→ **Dataset records**:
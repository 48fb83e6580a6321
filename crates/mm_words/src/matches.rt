//! What `clap` found in the words for an argument of a command.

ghost use Rattle.std.specs.Prelude.{◌≡◌, ◌≢◌, ◌∷◌, [], map, IfOk, IfErr, option_map};
ghost use Rattle.std.specs.Prelude.{position, unwrap_or};
ghost use Rattle.std.specs.Str.{bytes_eq};
ghost use Rattle.clap.specs.Words.{all_of, first_of, found_of, rows_of};
ghost use Rattle.mm_words.specs.Words.{IsGiven, NamesFile, is_strict};
ghost use Rattle.mm_words.specs.RefusedWords.{IsFilesFault, IsNamingFault};

use crate::command_line::FILES;
use crate::stop::Stop;
use clap::ArgMatches;
use mm_step::Profile;
use std::alloc::{AllocError, Global};

/// What `clap` finds for a flag that is given.
const GIVEN: &str = "true";

/// The values of an argument, in the matches of its command.
pub(crate) fn values_of<'a>(
    alloc: Global,
    command: &ArgMatches<'a>,
    argument: &str,
) -> Result<Vec<&'a str>, AllocError>
    ensures { IfOk result (λ values. map (λ value. value.now) values.items
        ≡ unwrap_or (all_of argument.now (rows_of (found_of command.now))) []) }
{
    match command.get_strs(argument) {
        Some(values) => values.to_vec(alloc),
        None => Ok(Vec::new(alloc)),
    }
}

/// The word that is given for an argument, in the matches of its command.
pub(crate) fn asked_word<'a>(command: &ArgMatches<'a>, argument: &str) -> &'a str
    ensures { result.now ≡ unwrap_or (first_of argument.now (rows_of (found_of command.now))) [] }
{
    match command.get_str(argument) {
        Some(word) => word,
        None => "",
    }
}

/// The word that is given for an argument, in the matches of its command, where there is one.
pub(crate) fn optional_word<'a>(command: &ArgMatches<'a>, argument: &str) -> Option<&'a str>
    ensures { option_map (λ word. word.now) result
        ≡ first_of argument.now (rows_of (found_of command.now)) }
{
    command.get_str(argument)
}

/// Whether a flag is given, in the matches of its command.
pub(crate) fn is_given(command: &ArgMatches, flag: &str) -> bool
    ensures { IsGiven flag.now (rows_of (found_of command.now)) result }
{
    asked_word(command, flag) == GIVEN
}

/// The profile that is asked for, in the matches of the command: by the flag the strict one.
pub(crate) fn asked_profile(command: &ArgMatches, flag: &str) -> Profile
    ensures { IsGiven flag.now (rows_of (found_of command.now)) (is_strict result) }
{
    match is_given(command, flag) {
        true => Profile::Strict,
        false => Profile::Lenient,
    }
}

/// The number of the first of these names that is this one.
pub(crate) fn number_of(names: &[&str], name: &str) -> Option<usize>
    ensures { result ≡ position (λ other. bytes_eq other.now name.now) names.now }
{
    names.iter().position(|other| *other == name)
}

/// What is said where this argument isn't given, as `clap` says it.
pub(crate) fn lack_of(alloc: Global, argument: &str, usage: &str) -> Result<String, AllocError> {
    format!(in alloc;
        "error: the following required arguments were not provided:
  {argument}

Usage: {usage}

For more information, try '--help'.
"
    )
}

/// A label and the files' names behind it, of which there is one at least, where the command is used
/// so.
pub(crate) fn label_and_names<'a>(
    alloc: Global,
    words: &[&'a str],
    usage: &str,
) -> Result<(&'a str, Vec<&'a str>), Stop<'a>>
    ensures parts { IfOk result (λ parts. (map (λ word. word.now) words.now
        ≡ parts.0.now ∷ map (λ name. name.now) parts.1.items)
        × (map (λ name. name.now) parts.1.items ≢ [])) }
    ensures fault { IfErr result (IsFilesFault (map (λ word. word.now) words.now)) }
{
    match words {
        [label, names @ ..] if !names.is_empty() => Ok((*label, names.to_vec(alloc)?)),
        _ => Err(Stop::Usage(lack_of(alloc, "<FILES>...", usage)?)),
    }
}

/// The number of the file that the first word names, among those that the others name, and the names
/// of these, where the command is used so.
pub(crate) fn named_file<'a>(
    alloc: Global,
    words: &[&'a str],
    usage: &str,
) -> Result<(usize, Vec<&'a str>), Stop<'a>>
    ensures named { IfOk result (λ named. NamesFile (map (λ word. word.now) words.now) named.0
        (map (λ name. name.now) named.1.items)) }
    ensures fault { IfErr result (IsNamingFault (map (λ word. word.now) words.now)) }
{
    let (name, names) = label_and_names(alloc, words, usage)?;
    match number_of(&names, name) {
        Some(file) => Ok((file, names)),
        None => Err(Stop::Usage(format!(in alloc;
            "mm: {name} is none of the files\nUsage: {usage}\n"
        )?)),
    }
}
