//! The reply to the question who uses an assertion, also where proofs are at fault.

ghost use Rattle.std.specs.Prelude.{◌≡◌, List, MatchOption, None, Some, map, IfOk};
ghost use Rattle.mm_base.specs.Statement.{PlainStatement};
ghost use Rattle.mm_text.specs.Files.{plain_file};
ghost use Rattle.mm_text.specs.Reading.{Reads};
ghost use Rattle.mm_step.specs.declared.profile.Profile.TheVariants.{Lenient};
ghost use Rattle.mm_rules.specs.Answer.{IsVerdict, KeepsFiles, KeepsLabels, verdict_of_fault};
ghost use Rattle.mm_rules.specs.Status.{number_of};
ghost use Rattle.mm_rules.specs.Verdict.{HasVerdict, Verdict};
ghost use Rattle.mm_verdict.specs.declared.question.Question.TheVariants as question;
ghost use Rattle.mm_check.specs.Reply.{IsAnswerTo, IsUsersReply};

use crate::question::answer_to;
use mm_axioms::accepted_users;
use mm_base::{File, Seed};
use mm_minimize::{SearchWatch, Searched};
use mm_rules::{CheckFault, Status};
use mm_step::Profile;
use mm_verdict::{Checked, Question, Reply, ask_reply, check_with, fault_reply};
use std::alloc::{AllocError, Global};

/// The answer of a database in which nothing is at fault. The watch is told how many proofs are
/// incomplete, if one is.
fn checked_answer<W: SearchWatch>(
    alloc: Global,
    checked: &Checked,
    label: &[u8],
    all: bool,
    watch: &mut W,
) -> Result<Reply, AllocError>
    requires { KeepsLabels checked.now.files checked.now }
    ensures { IfOk result (λ reply. (statements : List PlainStatement)
        → Reads checked.now.files statements None
        → IsAnswerTo checked.now.profile (question.Users all) checked.now.files label.now
        statements reply.text.items (number_of reply.status)) }
{
    let count = checked.incomplete().len();
    if count > 0 {
        watch.searched(Searched::Incomplete(count));
    }
    let question = Question::Users { all };
    answer_to(alloc, checked, &question, label, watch)
}

/// The reply with the users that were found, of which the watch is told that proofs are at fault; or
/// the refusal, where none were sought.
fn told_users<W: SearchWatch>(found: Option<Vec<u8>>, refused: Reply, watch: &mut W) -> Reply
    ensures { MatchOption found
        ((result.text.items ≡ refused.text.items) × (result.status ≡ refused.status))
        (λ text. (result.text.items ≡ text.items) × (number_of result.status ≡ 0)) }
{
    match found {
        Some(text) => {
            watch.searched(Searched::Faulty);
            Reply {
                text,
                status: Status::Done,
            }
        }
        None => refused,
    }
}

/// The answer of a database that is refused for this fault: by its accepted proofs, if proofs alone
/// are at fault, which the watch is told; else the refusal.
fn answer_beside<W: SearchWatch>(
    alloc: Global,
    seed: Seed,
    files: &[File],
    fault: &CheckFault,
    label: &[u8],
    all: bool,
    watch: &mut W,
) -> Result<Reply, AllocError>
    ensures { IfOk result (λ reply. ((verdict : Verdict) → verdict_of_fault fault.now ≡ Some verdict
        → HasVerdict Lenient (map plain_file files.now) verdict)
        → IsUsersReply all (map plain_file files.now) label.now reply.text.items
        (number_of reply.status)) }
{
    let refused = fault_reply(alloc, files, fault)?;
    match accepted_users(alloc, seed, files, label, all) {
        Ok(found) => Ok(told_users(found, refused, watch)),
        Err(fault) => {
            watch.searched(Searched::Faulty);
            ask_reply(alloc, label, fault)
        }
    }
}

/// The reply where this is the answer of `check_with`.
fn users_answer<W: SearchWatch>(
    alloc: Global,
    seed: Seed,
    files: &[File],
    answer: &Result<Checked, CheckFault>,
    label: &[u8],
    all: bool,
    watch: &mut W,
) -> Result<Reply, AllocError>
    requires labels { IfOk answer.now (KeepsLabels (map plain_file files.now)) }
    requires files { IfOk answer.now (KeepsFiles (map plain_file files.now)) }
    ensures { IfOk result (λ reply. IfOk answer.now (λ checked. checked.profile ≡ Lenient)
        → IsVerdict Lenient (map plain_file files.now) answer.now
        → IsUsersReply all (map plain_file files.now) label.now reply.text.items
        (number_of reply.status)) }
{
    match answer {
        Ok(checked) => checked_answer(alloc, checked, label, all, watch),
        Err(fault) => answer_beside(alloc, seed, files, fault, label, all, watch),
    }
}

/// The reply to the question for the theorems that use the assertion with a label, or for all that
/// depend on it. Where proofs alone are at fault, those that are accepted count. The watch is told
/// whether some are at fault, or else how many are incomplete.
pub(crate) fn users_reply<W: SearchWatch>(
    alloc: Global,
    seed: Seed,
    files: &[File],
    label: &[u8],
    all: bool,
    watch: &mut W,
) -> Result<Reply, AllocError>
    ensures { IfOk result (λ reply. IsUsersReply all (map plain_file files.now) label.now
        reply.text.items (number_of reply.status)) }
{
    let answer = check_with(alloc, seed, Profile::Lenient, files);
    let reply = users_answer(alloc, seed, files, &answer, label, all, watch);
    drop(answer);
    reply
}
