//! What is said of words that `clap` refuses.

ghost use Rattle.std.specs.Prelude.{◌≡◌, map, IfOk, IfErr, option_map};
ghost use Rattle.clap.specs.Words.{app_of, kind_of};
ghost use Rattle.mm_words.specs.CommandLine.{command_line, first_command};
ghost use Rattle.mm_words.specs.RefusedWords.{IsFaultOfKind, IsOfKind};

use crate::command_line::{AXIOMS, FILES, LABEL, MINIMIZE, PROOF};
use crate::request::Request;
use crate::stop::Stop;
use clap::error::ErrorKind;
use clap::{Command, Error};
use std::alloc::{AllocError, Global};

/// How `clap` begins the advice to pass an unknown option as a value.
const ADVICE: &str = "\n\n  tip: to pass '";

/// How it begins the usage, which comes after that advice.
const USAGE: &str = "\n\nUsage: ";

/// How it says that files are missing.
const NO_FILES: &str = "\n  <FILES>...";

/// The command that the first word after the program's name names.
pub(crate) fn first_topic<'a>(command: &Command<'a>, words: &[&str]) -> Option<&'a str>
    requires { app_of command.now ≡ command_line }
    ensures { option_map (λ name. name.now) result
        ≡ first_command (map (λ word. word.now) words.now) }
{
    let word = words.get(1)?;
    match command.find_subcommand(word) {
        Some(named) => Some(named.get_name()),
        None => None,
    }
}

/// The parts of clap's text before and after its advice to pass an unknown option as a value.
fn around_advice(text: &str) -> Option<(&str, &str)> {
    let (found, advice) = text.split_once(ADVICE)?;
    let (_, usage) = advice.split_once(USAGE)?;
    Some((found, usage))
}

/// The command that does what a word asks for elsewhere, if there is one.
fn kin_of(word: &str) -> &'static str {
    match word {
        "verify" | "read" => "\n`mm check FILES..` checks a database\n",
        "save" => "\n`mm packed --file LABEL FILES..` writes a file with a packed proof\n",
        "prove" => "\n`mm try LABEL PROOF FILES..` tells whether a text is a proof\n",
        _ => "",
    }
}

/// Where a command alone is given, a label is missing before its files. For `clap` these are all
/// files, as with `--all` and `--list`.
fn with_label(alloc: Global, text: String, words: &[&str]) -> Result<String, AllocError> {
    let [_, AXIOMS | MINIMIZE] = words else {
        return Ok(text);
    };
    match text.split_once(NO_FILES) {
        Some((before, after)) => format!(in alloc; "{before}\n  <LABEL>{NO_FILES}{after}"),
        None => Ok(text),
    }
}

/// What is said of words that `clap` refuses: which word isn't understood, and the usage.
fn refusal(alloc: Global, error: &Error, words: &[&str]) -> Result<String, AllocError> {
    let text = with_label(alloc, format!(in alloc; "{error}")?, words)?;
    let kin = match words.get(1) {
        Some(word) => kin_of(word),
        None => "",
    };
    match around_advice(&text) {
        Some((found, usage)) => format!(in alloc; "{found}{USAGE}{usage}{kin}"),
        None => format!(in alloc; "{text}{kin}"),
    }
}

/// What clap's answer in place of matches is to the program: help on the topic or the version where
/// that was asked for, else a fault of the words.
pub(crate) fn request_of_error<'a>(
    alloc: Global,
    error: &Error,
    topic: Option<&'a str>,
    words: &[&str],
) -> Result<Request<'a>, Stop<'a>>
    ensures request { IfOk result (IsOfKind (kind_of error.now)
        (option_map (λ name. name.now) topic.entry)) }
    ensures fault { IfErr result (IsFaultOfKind (kind_of error.now)) }
{
    match error.kind() {
        ErrorKind::OutOfMemory => Err(Stop::Memory),
        ErrorKind::DisplayHelp => Ok(Request::Help(topic)),
        ErrorKind::DisplayVersion => Ok(Request::Version),
        _ => Err(Stop::Usage(refusal(alloc, error, words)?)),
    }
}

→ **What the exercise asks**: Among the records, find all lines that include the string "Prelude" and return them.

→ **Solution**:
ghost use Rattle.std.specs.Prelude.{◌≡◌, ◌≢◌, ◌∷◌, [], map, IfOk, IfErr, option_map};
ghost use Rattle.std.specs.Prelude.{position, unwrap_or};
ghost use Rattle.std.specs.Prelude.{◌≡◌, List, MatchOption, None, Some, map, IfOk};
ghost use Rattle.std.specs.Prelude.{◌≡◌, map, IfOk, IfErr, option_map};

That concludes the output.